Artificial intelligence has become increasingly popular for diagnosing illnesses, with ChatGPT being one of the leading AI models in this field. A recent study published in the journal iScience sought to evaluate the accuracy of ChatGPT in diagnosing diseases and providing medical information. Led by research fellow Ahmed Abdeen Hamed from Binghamton University, the study involved testing ChatGPT’s ability to identify disease terms, drug names, genetic information, and symptoms.
Surprisingly, ChatGPT demonstrated high accuracy in identifying disease terms, drug names, and genetic information, with accuracy rates ranging from 88% to 98%. However, when it came to identifying symptoms, the AI model scored lower, ranging from 49% to 61%. One of the reasons for this discrepancy could be attributed to the informal language used by users when describing symptoms, as opposed to the formal terminology used in medical literature.
One particularly concerning finding was ChatGPT’s tendency to “hallucinate” when asked for specific genetic information, such as accession numbers from the GenBank database. Hamed highlighted this as a significant flaw in the AI model, suggesting that incorporating biomedical ontologies could improve accuracy and eliminate such errors.
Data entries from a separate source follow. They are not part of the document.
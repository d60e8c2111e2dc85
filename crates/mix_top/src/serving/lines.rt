// What an answer of the node comes to: a line of the report, none, or a status that ends the run.
ghost use Rattle.std.specs.Prelude.{◌≡◌, ◌≢◌, Some, IfOk, IfErr, IsErr};
ghost use Rattle.mix_shard.specs.Faults.{IsObjection, OfOpening, OfReopening};
ghost use Rattle.mix_top.specs.Progress.{IsToObject, as_lines};
ghost use Rattle.mix_top.specs.Steps.{ends_claim, ends_denied, ends_opening, ends_peeling, ends_rotation};
ghost use Rattle.mix_top.specs.Steps.{says_claimed, says_denied, says_opened, says_peeled, says_reopened, says_rotated};

use crate::report::ReportLine;
use lab_text::Status;
use mix_base::Shape;
use mix_shard::{Denied, RotateFault};
use node_core::{Claimed, NodePeel, NodeSetup, Peeled};
use spent_store::{Book, OpenStore};

/// The line of an opening at the node line.
pub fn opened_line(
    setup: &NodeSetup,
    shard: u8,
    opened: Result<Book, OpenStore>,
) -> Result<Option<ReportLine>, Status>
    ensures said { IfOk result (λ line. says_opened shard opened ≡ Some (as_lines line)) }
    ensures ends { IfErr result (λ status.
        IfErr opened (λ fault. ends_opening setup.now shard fault ≡ Some status)) }
    ensures fails { IfErr result (λ status. IsErr opened) }
{
    match opened {
        Ok(_) => Ok(None),
        Err(OpenStore::Failed) => Ok(Some(ReportLine::Unopened { shard })),
        Err(fault) => Err(opening_status(setup, shard, fault)),
    }
}

/// The line of an opening after a crash.
pub fn reopened_line(
    setup: &NodeSetup,
    shard: u8,
    opened: Result<Book, OpenStore>,
) -> Result<Option<ReportLine>, Status>
    ensures said { IfOk result (λ line. says_reopened shard opened ≡ Some (as_lines line)) }
    ensures ends { IfErr result (λ status.
        IfErr opened (λ fault. ends_opening setup.now shard fault ≡ Some status)) }
    ensures fails { IfErr result (λ status. IsErr opened) }
{
    match opened {
        Ok(book) => Ok(Some(ReportLine::Restarted {
            shard,
            floor: book.floor,
            spent: book.spent,
        })),
        Err(OpenStore::Failed) => Ok(Some(ReportLine::Unopened { shard })),
        Err(fault) => Err(opening_status(setup, shard, fault)),
    }
}

/// How an opening that objects, or that wants memory, ends the run.
fn opening_status(setup: &NodeSetup, shard: u8, fault: OpenStore) -> Status
    requires { fault ≢ OpenStore.Failed }
    ensures { ends_opening setup.now shard fault ≡ Some result }
{
    match fault {
        OpenStore::Foreign { area, at } => Status::Foreign {
            node: 0,
            shard,
            area,
            at,
        },
        OpenStore::OtherShape { stored } => Status::OtherShape {
            node: 0,
            shard,
            stored,
            asked: Shape {
                shards: setup.shards,
                index: shard,
            },
        },
        OpenStore::Memory => Status::Memory,
        OpenStore::Failed => unreachable!(),
    }
}

/// The line of an unwrapping.
pub fn peel_line(worker: u8, answer: Peeled) -> Option<ReportLine>
    ensures { as_lines result ≡ says_peeled worker answer }
{
    match answer {
        Peeled::Holding { number: _ } => None,
        Peeled::Refused { number, why } => Some(ReportLine::Refuse { number, why }),
        Peeled::Idle => Some(ReportLine::Idle { worker }),
        Peeled::Busy => Some(ReportLine::Busy { worker }),
    }
}

/// How an unwrapping that wants a key, or memory, ends the run.
pub fn peel_status(fault: NodePeel) -> Status
    ensures { result ≡ ends_peeling fault }
{
    match fault {
        NodePeel::NoKey { epoch } => Status::NoKey { epoch },
        NodePeel::Memory => Status::Memory,
    }
}

/// The line of a claim.
pub fn claim_line(
    setup: &NodeSetup,
    worker: u8,
    answer: Claimed,
) -> Result<Option<ReportLine>, Status>
    requires { IsToObject answer }
    ensures said { IfOk result (λ line. says_claimed worker answer ≡ Some (as_lines line)) }
    ensures ends { IfErr result (λ status. ends_claim setup.now answer ≡ Some status) }
{
    match answer {
        Claimed::Accepted { number: _ } => Ok(None),
        Claimed::Empty => Ok(Some(ReportLine::Empty { worker })),
        Claimed::Denied { number, shard, why } => denied_line(setup, number, shard, why),
    }
}

/// The line of a claim that is denied.
fn denied_line(
    setup: &NodeSetup,
    number: u64,
    shard: u8,
    why: Denied,
) -> Result<Option<ReportLine>, Status>
    requires { OfOpening why IsObjection }
    ensures said { IfOk result (λ line. says_denied number shard why ≡ Some (as_lines line)) }
    ensures ends { IfErr result (λ status. ends_denied setup.now shard why ≡ Some status) }
{
    match why {
        Denied::Retired { floor } => Ok(Some(ReportLine::Retired { number, floor })),
        Denied::Spent => Ok(Some(ReportLine::Spent { number })),
        Denied::ShardFull => Ok(Some(ReportLine::Full { number })),
        Denied::Disk => Ok(Some(ReportLine::Failed { number, shard })),
        Denied::Journal(fault) => Err(opening_status(setup, shard, fault)),
        Denied::Memory => Err(Status::Memory),
    }
}

/// The line of a shard's rotation.
pub fn rotation_line(
    setup: &NodeSetup,
    shard: u8,
    rotated: Result<(), RotateFault>,
) -> Result<Option<ReportLine>, Status>
    requires { IfErr rotated (λ why. OfReopening why IsObjection) }
    ensures said { IfOk result (λ line. says_rotated shard rotated ≡ Some (as_lines line)) }
    ensures ends { IfErr result (λ status.
        IfErr rotated (λ fault. ends_rotation setup.now shard fault ≡ Some status)) }
    ensures fails { IfErr result (λ status. IsErr rotated) }
{
    match rotated {
        Ok(()) => Ok(None),
        Err(RotateFault::RootFull) => Ok(Some(ReportLine::RootFull { shard })),
        Err(RotateFault::Disk) => Ok(Some(ReportLine::NotRotated { shard })),
        Err(RotateFault::Journal(fault)) => Err(opening_status(setup, shard, fault)),
        Err(RotateFault::Memory) => Err(Status::Memory),
    }
}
Despite these shortcomings, Hamed remains optimistic about the potential of large language models (LLMs) like ChatGPT in the medical field. By addressing these knowledge gaps and hallucination issues, data scientists can fine-tune these models to make them more reliable and accurate for diagnosing illnesses.
Hamed’s research underscores the importance of verifying the information generated by AI models like ChatGPT, especially when it comes to medical diagnoses. By identifying and rectifying these flaws, researchers can enhance the performance of AI models and ensure that they provide trustworthy and accurate information to users.
For more information on this study, you can refer to the original publication in iScience titled “From knowledge generation to knowledge verification: examining the biomedical generative capabilities of ChatGPT.” DOI: 10.1016/j.isci.2025.112492. This research was conducted in collaboration with AGH University of Krakow, Poland; Howard University; and the University of Vermont.
Overall, while ChatGPT shows promise in diagnosing diseases and providing medical information, there are critical knowledge gaps and hallucination issues that need to be addressed to enhance its accuracy and reliability in the field of healthcare.